Eye/I Witness:  AIDS and Digital Art Activism
Robert Atkins, Writer, NYC

The Art, Technology, and Culture Colloquium
Mon, 3 Mar, 7:30-9:30pm: UC Berkeley,
Location: 160 Kroeber Hall
All ATC Lectures are free and open to the public.

As the global, anti-war demonstrations of mid-February remind us,
progressive political impulses are sometimes most effectively
expressed by taking to the streets. This, of course, taps into a
central, electronic-era issue; that is, the efficacy and desirability
of embodied versus remote action. When it comes to political activism,
where do artists fit in? New forms of electronic activism from
pioneering groups including RTMark and Electronic Disturbance Theatres
have proved both inspiring and problematic--and rarely contextualized
within the overlapping realms of mass media, art and activism.

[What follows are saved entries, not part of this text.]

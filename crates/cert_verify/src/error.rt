//! Why a C file doesn't verify.

ghost use Rattle.std.specs.Prelude.{◌≡◌};
ghost use Rattle.cert_verify.specs.Parts.{of_c, of_read, of_kinded, of_match};

use c_match::MatchError;
use c_reader::CError;
use cert_check::LocalRefusal;
use cert_kinds::KindedError;
use cert_read::ReadError;
use thiserror::Error;

/// The first part of a C file's verification that fails.
#[derive(Clone, Copy, Debug, Error)]
pub enum VerifyError {
    /// The text stands for no C program. It isn't for want of memory, which is `Memory`.
    #[error("the text stands for no C program")]
    C(CError),
    /// There is no mark of a certificate, or no certificate from there on.
    #[error("there is no certificate")]
    Certificate,
    /// The least rule that the first broken row of the certificate's program breaks.
    #[error("the certificate's program breaks rule {rule}")]
    Kind { rule: u8 },
    /// The first test that the notes fail.
    #[error("the notes don't hold")]
    Local(LocalRefusal),
    /// The C program isn't the lowering of the certificate's program. The statement is the first one whose lowering isn't there,
    /// counted from 0 over the whole program; outside all statements it is their number.
    #[error("the C program isn't the lowering, from statement {statement} on")]
    NotLowered { statement: u64 },
    #[error("there was no memory")]
    Memory,
}

impl From<CError> for VerifyError {
    ghost from_gives = { λ x e. e ≡ of_c x };

    fn from(error: CError) -> VerifyError {
        match error {
            CError::Memory => VerifyError::Memory,
            CError::Unexpected(at) => VerifyError::C(CError::Unexpected(at)),
            CError::EndOfText => VerifyError::C(CError::EndOfText),
            CError::Kind { rule, at } => VerifyError::C(CError::Kind { rule, at }),
            CError::Limit(number) => VerifyError::C(CError::Limit(number)),
        }
    }
}

impl From<ReadError> for VerifyError {
    ghost from_gives = { λ x e. e ≡ of_read x };

    fn from(error: ReadError) -> VerifyError {
        match error {
            ReadError::Memory => VerifyError::Memory,
            ReadError::NotJson => VerifyError::Certificate,
            ReadError::Form(_) => VerifyError::Certificate,
        }
    }
}

impl From<KindedError> for VerifyError {
    ghost from_gives = { λ x e. e ≡ of_kinded x };

    fn from(error: KindedError) -> VerifyError {
        match error {
            KindedError::Broken { row: _, rule } => VerifyError::Kind { rule },
            KindedError::Memory => VerifyError::Memory,
        }
    }
}

impl From<MatchError> for VerifyError {
    ghost from_gives = { λ x e. e ≡ of_match x };

    fn from(error: MatchError) -> VerifyError {
        match error {
            MatchError::Differs { statement } => VerifyError::NotLowered { statement },
            MatchError::Memory => VerifyError::Memory,
        }
    }
}
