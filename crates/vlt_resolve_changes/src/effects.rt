//! `print`, and calls whose results are dropped.

ghost use Rattle.std.specs.Prelude.{◌≡◌, ◌∷◌, [], Some, None, IfOk, OnOk};
ghost use Rattle.vlt_syntax.specs.View as tree;
ghost use Rattle.vlt_core.specs.Core as core;
ghost use Rattle.vlt_kinds_types.specs.Names.Refusals.{least_from};
ghost use Rattle.vlt_kinds_types.specs.Seen.{kinds_seen};
ghost use Rattle.vlt_resolve_exprs.specs.Exprs as e;
ghost use Rattle.vlt_resolve_exprs.specs.Seen.{scope_seen, forms_of};
ghost use Rattle.vlt_resolve_calls.specs.Calls as c;

use std::alloc::{AllocError, Global};
use vlt_core::{Form, Ty};
use vlt_kinds_types::{Kinds, LeastRefusal};
use vlt_resolve_calls::{Use, call};
use vlt_resolve_exprs::{Forms, Scope, check_wanted, core_expr};
use vlt_syntax::{Call, Expr};

/// Tests `print`, and makes it. What it makes counts only where nothing is refused.
pub fn print(
    alloc: Global,
    kinds: &Kinds<'_>,
    scope: &Scope<'_>,
    value: &Expr,
    found: &mut LeastRefusal,
) -> Result<Forms, AllocError>
    ensures refused { OnOk result (found.new.least
        ≡ least_from found.old.least (e.wanted_refused (kinds_seen kinds.now)
        (scope_seen scope.now) (Some core.int) (tree.expr_of value.now))) }
    ensures forms { IfOk result (λ fs. forms_of fs ≡ core.simple (core.print
        (e.core_expr (kinds_seen kinds.now) (scope_seen scope.now) (tree.expr_of value.now)))
        ∷ []) }
{
    check_wanted(alloc, kinds, scope, &Some(Ty::Int), value, found)?;
    let e = core_expr(alloc, kinds, scope, value)?;
    Forms::one(alloc, Form::Print { e })
}

/// A call whose result, if there is one, is dropped at this place.
pub fn drop_call(
    alloc: Global,
    kinds: &Kinds<'_>,
    scope: &Scope<'_>,
    called: &Call,
    at: u32,
    found: &mut LeastRefusal,
) -> Result<Forms, AllocError>
    ensures refused { OnOk result (found.new.least ≡ least_from found.old.least
        (c.call_refused (kinds_seen kinds.now) (scope_seen scope.now) (c.dropped at)
        (tree.call_of called.now))) }
    ensures forms { IfOk result (λ fs. forms_of fs
        ≡ c.core_call (kinds_seen kinds.now) (scope_seen scope.now) (c.dropped at) None
        (tree.call_of called.now) ∷ []) }
{
    let form = call(alloc, kinds, scope, Use::Dropped(at), None, called, found)?;
    Forms::one(alloc, form)
}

This lecture will analalyze the remarkably effective role artists
played in ameliorating the AIDS crisis in the US, while advancing
innovative forms of art and strategies for distribution that included
culture jamming, agitprop and institutional infiltration. The author
asserts that a rare confluence of historical factors resulted in the
production of the most influential body of public and "private" art in
American history. What lessons might be learned from artists'
practices of just 10-15 years ago that might be applied today? Or has
the Internet so profoundly altered the nature of mass media that they
are already irrelevant? The author intends to raise crucial cultural
and artistic questions that have been ignored in the rift between
discourses separating electronic and non-electronic art, and in the
cultural responses to 9/11 at a moment when dissent has been demonized
and civil liberties threatened.
--

Robert Atkins <www.robertatkins.net> is a bi-coastal art art
historian, activist and writer. The initiator of 911--The September 11
Project: Cultural Intervention in Civic Society, he is also a
co-founder of Visual AIDS, the creators of Day Without Art and the Red
Ribbon. He has taught at numerous universities and art schools; mosty
recently at the Rhode Island School of Design and the University of
Michigan. The award-winning author of books including ArtSpeak: A
Guide to Contemporary Ideas, Movements and Buzzwords and From Media to
Metaphor: Art About AIDS, he is a former columnist for the Village
Voice, who has written for more than 100 publications throughout the
world.  An anthology of his work, Eye/I Witness: Art Writing as
Activism, Criticism & Reportage, is forthcoming.

Atkins is a Fellow at the STUDIO for Creative Inquiry at Carnegie
Mellon University, former media-arts editor for The Media Channel
<www.mediachannel.org>, and editor/producer of Artery: The AIDS-Arts
Forum <www.artistswithaids.org/artery>. His interests in hybrid art,
technology and mass media long predate the web and resulted in
exhibitions at far-flung venues including Between Science and Fiction
(which he organized for the Sao Paulo Biennial),  Peter D'Agostino: Twenty
Years of Intervention and  Interactivity (for Lehman College Art Gallery in
New York), and Fusion!  Artists in a Research Setting (for Carnegie Mellon
University). A  pioneering chronicler of the online art world (his 1995
cover story for Art  in America, "The Art World (& I) Go On Line," was the
first of its kind),  he founded, in 1995, the City University of New
York-sponsored TalkBack! A Forum for Critical Discourse
<http://talkback.lehman.cuny.edu/tb>, among the first online journals
about online art and cyber-culture anywhere.  From 1996-98, he served as
vice president and editor-in-chief of the Arts Technology Entertainment
Network, a New York Times start-up company producing convergence
arts programming for the Internet and cable TV.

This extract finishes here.